=== Section Start ===

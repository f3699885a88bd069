// The number code of records and circuits: reading and writing a number of at most three bytes. Readers and the writer take all bytes and a
// place in it, and give the place after: a place is no length of the slice, and the page's definitions go by places.
#![tactic(auto)]

ghost use Rattle.std.specs.Prelude.{true, ◌≡◌, ◌<◌, IfOk};
ghost use Rattle.number.specs.Reading.{Whole, read_byte};
ghost use Rattle.number.specs.Inner.Known.{is_whole};
ghost use Rattle.number.specs.Inner.Tested.{Tested};
ghost use Rattle.number.specs.Number.{write_number, read_number, number_length};
ghost use Rattle.number.specs.Inner.Written.{Room, Wrote, numbers};
ghost use Rattle.number.specs.Answer.{number_read};

use answer::Refusal;

// What was read, where it passes a test; else refused.
#[inline(always)]
pub fn tested<A: Copy, F: FnOnce(A) -> bool>(
    read: Result<(A, usize), Refusal>,
    refusal: Refusal,
    test: F,
) -> Result<(A, usize), Refusal>
    requires { IfOk read (λ r. F.pre test r.0) }
    ensures { Tested (F.post test) refusal read result }
{
    let (value, at) = read?;
    if !test(value) {
        return Err(refusal);
    }
    Ok((value, at))
}

// The byte at a place, and the place after it.
pub fn read_byte(source: &[u8], at: usize) -> Result<(usize, usize), Refusal>
    ensures value { number_read result ≡ read_byte source.now at }
    ensures byte { IfOk result (λ read. read.0 < 256) }
{
    if source.len() <= at {
        return Err(Refusal::RecordEnds);
    }
    Ok((source[at] as usize, at + 1))
}

// The number at a place, and the place after it. It reads its bytes itself: a longer number needs no place after its first byte then, and
// a loop over numbers takes one branch a turn (docs/DESIGN-PASS.md).
pub fn read_number(source: &[u8], at: usize) -> Result<(usize, usize), Refusal>
    ensures { number_read result ≡ read_number source.now at }
{
    if source.len() <= at {
        return Err(Refusal::RecordEnds);
    }
    let a = source[at] as usize;
    if a < 128 {
        return Ok((a, at + 1));
    }
    if source.len() < at + 2 {
        return Err(Refusal::RecordEnds);
    }
    let b = source[at + 1] as usize;
    if b < 128 {
        if b == 0 {
            return Err(Refusal::BadNumber);
        }
        return Ok((a - 128 + b * 128, at + 2));
    }
    if source.len() < at + 3 {
        return Err(Refusal::RecordEnds);
    }
    let c = source[at + 2] as usize;
    if c == 0 || 128 <= c {
        return Err(Refusal::BadNumber);
    }
    Ok((a - 128 + (b - 128) * 128 + c * 16384, at + 3))
}

// The number at a place where a number is known to stand, and the place after it.
pub fn known_number(source: &[u8], at: usize) -> (usize, usize)
    requires { is_whole (read_number source.now at) ≡ true }
    ensures { Whole result ≡ read_number source.now at }
{
    let Ok(known) = read_number(source, at) else {
        unreachable!()
    };
    known
}

// How many bytes the number takes.
pub fn number_length(n: usize) -> usize
    ensures { result ≡ number_length n }
{
    if n < 128 {
        return 1;
    }
    if n < 16384 {
        return 2;
    }
    3
}

// Writes the number from a place on; the place after it.
pub fn write_number(buffer: &mut [u8], at: usize, n: usize) -> usize
    requires { (n < numbers) × (Room buffer.old at (write_number n)) }
    ensures { Wrote buffer.old at (write_number n) result buffer.new }
{
    if n < 128 {
        buffer[at] = n as u8;
        return at + 1;
    }
    buffer[at] = (128 + n % 128) as u8;
    if n < 16384 {
        buffer[at + 1] = (n / 128) as u8;
        return at + 2;
    }
    buffer[at + 1] = (128 + n / 128 % 128) as u8;
    buffer[at + 2] = (n / 16384) as u8;
    at + 3
}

=== Section End ===

Your goal: Each line above must be retyped exactly in the response.

Reply:
repository f3699885a88bd069
// The number code of records and circuits: reading and writing a number of at most three bytes. Readers and the writer take all bytes and a
// place in it, and give the place after: a place is no length of the slice, and the page's definitions go by places.
#![tactic(auto)]

ghost use Rattle.std.specs.Prelude.{true, ◌≡◌, ◌<◌, IfOk};
ghost use Rattle.number.specs.Reading.{Whole, read_byte};
ghost use Rattle.number.specs.Inner.Known.{is_whole};
ghost use Rattle.number.specs.Inner.Tested.{Tested};
ghost use Rattle.number.specs.Number.{write_number, read_number, number_length};
ghost use Rattle.number.specs.Inner.Written.{Room, Wrote, numbers};
ghost use Rattle.number.specs.Answer.{number_read};

use answer::Refusal;

// What was read, where it passes a test; else refused.
#[inline(always)]
pub fn tested<A: Copy, F: FnOnce(A) -> bool>(
    read: Result<(A, usize), Refusal>,
    refusal: Refusal,
    test: F,
) -> Result<(A, usize), Refusal>
    requires { IfOk read (λ r. F.pre test r.0) }
    ensures { Tested (F.post test) refusal read result }
{
    let (value, at) = read?;
    if !test(value) {
        return Err(refusal);
    }
    Ok((value, at))
}

// The byte at a place, and the place after it.
pub fn read_byte(source: &[u8], at: usize) -> Result<(usize, usize), Refusal>
    ensures value { number_read result ≡ read_byte source.now at }
    ensures byte { IfOk result (λ read. read.0 < 256) }
{
    if source.len() <= at {
        return Err(Refusal::RecordEnds);
    }
    Ok((source[at] as usize, at + 1))
}

// The number at a place, and the place after it. It reads its bytes itself: a longer number needs no place after its first byte then, and
// a loop over numbers takes one branch a turn (docs/DESIGN-PASS.md).
pub fn read_number(source: &[u8], at: usize) -> Result<(usize, usize), Refusal>
    ensures { number_read result ≡ read_number source.now at }
{
    if source.len() <= at {
        return Err(Refusal::RecordEnds);
    }
    let a = source[at] as usize;
    if a < 128 {
        return Ok((a, at + 1));
    }
    if source.len() < at + 2 {
        return Err(Refusal::RecordEnds);
    }
    let b = source[at + 1] as usize;
    if b < 128 {
        if b == 0 {
            return Err(Refusal::BadNumber);
        }
        return Ok((a - 128 + b * 128, at + 2));
    }
    if source.len() < at + 3 {
        return Err(Refusal::RecordEnds);
    }
    let c = source[at + 2] as usize;
    if c == 0 || 128 <= c {
        return Err(Refusal::BadNumber);
    }
    Ok((a - 128 + (b - 128) * 128 + c * 16384, at + 3))
}

// The number at a place where a number is known to stand, and the place after it.
pub fn known_number(source: &[u8], at: usize) -> (usize, usize)
    requires { is_whole (read_number source.now at) ≡ true }
    ensures { Whole result ≡ read_number source.now at }
{
    let Ok(known) = read_number(source, at) else {
        unreachable!()
    };
    known
}

// How many bytes the number takes.
pub fn number_length(n: usize) -> usize
    ensures { result ≡ number_length n }
{
    if n < 128 {
        return 1;
    }
    if n < 16384 {
        return 2;
    }
    3
}

// Writes the number from a place on; the place after it.
pub fn write_number(buffer: &mut [u8], at: usize, n: usize) -> usize
    requires { (n < numbers) × (Room buffer.old at (write_number n)) }
    ensures { Wrote buffer.old at (write_number n) result buffer.new }
{
    if n < 128 {
        buffer[at] = n as u8;
        return at + 1;
    }
    buffer[at] = (128 + n % 128) as u8;
    if n < 16384 {
        buffer[at + 1] = (n / 128) as u8;
        return at + 2;
    }
    buffer[at + 1] = (128 + n / 128 % 128) as u8;
    buffer[at + 2] = (n / 16384) as u8;
    at + 3
}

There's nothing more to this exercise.